Either set the W&B Run ID to the Dagster Run ID.

wandb.init(
    id=context.run_id,
    resume="allow",
    ...
)

Or choose your own W&B Run ID and pass it to the IO Manager configuration.

wandb.init(
    id="my_resumable_run_id",
    resume="allow",
    ...
)

@job(
   resource_defs={
       "io_manager": wandb_artifacts_io_manager.configured(
           {"wandb_run_id": "my_resumable_run_id"}
       ),
   }
)
  1. Only collect data you need with get or get_path for large W&B Artifacts. By default, the integration will download an entire Artifact. If you are using very large artifacts you might want to only collect the specific files or objects you need. This will improve speed and resource utilization.

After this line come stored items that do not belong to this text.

// A saved state that was read, and its frame.
fn laid_line(desk: Desk, saved: Saved, marks: &[u8], depths: &[u32], out: &mut [u8]) -> Desk
    requires { Shows (plan desk.heading.shape marks.now) depths.now out.old }
    ensures { DeskTold desk saved.log (account_opened saved.start saved.given) no_series (state_text (plan desk.heading.shape marks.now) saved.log (account_opened saved.start saved.given) depths.now ++ ending_text 0 0) out.old out.new result }
{
    let log = saved.log;
    let account = open_account(saved.start, saved.given);
    let laid = Tried {
        number: 0,
        log: log,
        account: account,
    };
    shown_line(desk, laid, marks, depths, out)
}

// `lay` bytes, and the text that came.
fn lay_line(
    desk: Desk,
    bytes: u32,
    text: &[u8],
    marks: &[u8],
    inflow: &[u32],
    depths: &mut [u32],
    lasts: &mut [u32],
    out: &mut [u8],
) -> Desk
    requires { (Shows (plan desk.heading.shape marks.now) depths.old out.old) × (length lasts.old ≡ squares desk.heading.shape) }
    ensures { (c b : List ℕ) → Answers (lay_told (plan desk.heading.shape marks.now) (evening depths.old lasts.old c b desk.log) desk.account inflow.now bytes text.now) desk result (evening depths.new lasts.new c b result.log) out.old out.new }
{
    if text.len() != bytes as usize {
        return refuse_line(desk, 12, 0, out);
    }
    if DESK_TEXT < text.len() {
        return refuse_line(desk, 12, 0, out);
    }
    let heading = desk.heading;
    let shape = heading.shape;
    let slots = kept_slots(shape);
    let laid = read_stand(text, shape, slots, marks, inflow, depths, lasts);
    if laid.number != 0 {
        return refuse_line(desk, laid.number, laid.line, out);
    }
    let saved = laid.saved;
    laid_line(desk, saved, marks, depths, out)
}

// A line that the hatch log has as well.
fn entry_line(
    desk: Desk,
    entry: Entry,
    marks: &[u8],
    inflow: &[u32],
    depths: &mut [u32],
    lasts: &mut [u32],
    records: &[u32],
    began: &[u32],
    out: &mut [u8],
) -> Desk
    requires { Lends (plan desk.heading.shape marks.now) depths.old lasts.old records.now began.now out.old }
    ensures { Answers (entry_told (plan desk.heading.shape marks.now) (evening depths.old lasts.old records.now began.now desk.log) desk.account desk.heading.rules inflow.now entry) desk result (evening depths.new lasts.new records.now began.now result.log) out.old out.new }
{
    match entry {
        Entry::Hatch(number, row, column) => hatch_line(
            desk, number, row, column, marks, inflow, out,
        ),
        Entry::Back(count) => back_line(desk, count, marks, depths, lasts, records, began, out),
        Entry::Rate(clock, number, litres) => refuse_line(desk, 12, 0, out),
    }
}

// What a line asks for, done; a sheet is read before this.
pub(crate) fn order_line(
    desk: Desk,
    order: Order,
    text: &[u8],
    marks: &[u8],
    inflow: &[u32],
    depths: &mut [u32],
    lasts: &mut [u32],
    records: &[u32],
    began: &[u32],
    out: &mut [u8],
) -> Desk
    requires { Lends (plan desk.heading.shape marks.now) depths.old lasts.old records.now began.now out.old }
    ensures { Answers (order_told (plan desk.heading.shape marks.now) (evening depths.old lasts.old records.now began.now desk.log) desk.account desk.heading.rules inflow.now text.now order) desk result (evening depths.new lasts.new records.now began.now result.log) out.old out.new }
{
    match order {
        Order::Entered(entry) => entry_line(
            desk, entry, marks, inflow, depths, lasts, records, began, out,
        ),
        Order::Draw(number, litres) => draw_line(desk, number, litres, out),
        Order::Step(count, end, every) => step_line(desk, count, end, every, out),
        Order::Show => show_line(desk, marks, depths, out),
        Order::Arrows => arrows_line(desk, marks, depths, records, out),
        Order::Most(end) => most_line(desk, end, out),
        Order::Stand => stand_line(desk, marks, depths, lasts, out),
        Order::Lay(bytes) => lay_line(desk, bytes, text, marks, inflow, depths, lasts, out),
        Order::Sheet(bytes) => refuse_line(desk, 12, 0, out),
        Order::NoOrder => refuse_line(desk, 12, 0, out),
    }
}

  2. For Python objects adapt the pickling module to your use case. By default, the W&B integration will use the standard pickle module. But some objects are not compatible with it. For example, functions with yield will raise an error if you try to pickle them. W&B supports other Pickle-based serialization modules (dill, cloudpickle, joblib).

You can also use more advanced serialization like ONNX or PMML by returning a serialized string or creating an Artifact directly. The right choice will depend on your use case, refer to the available literature on this subject.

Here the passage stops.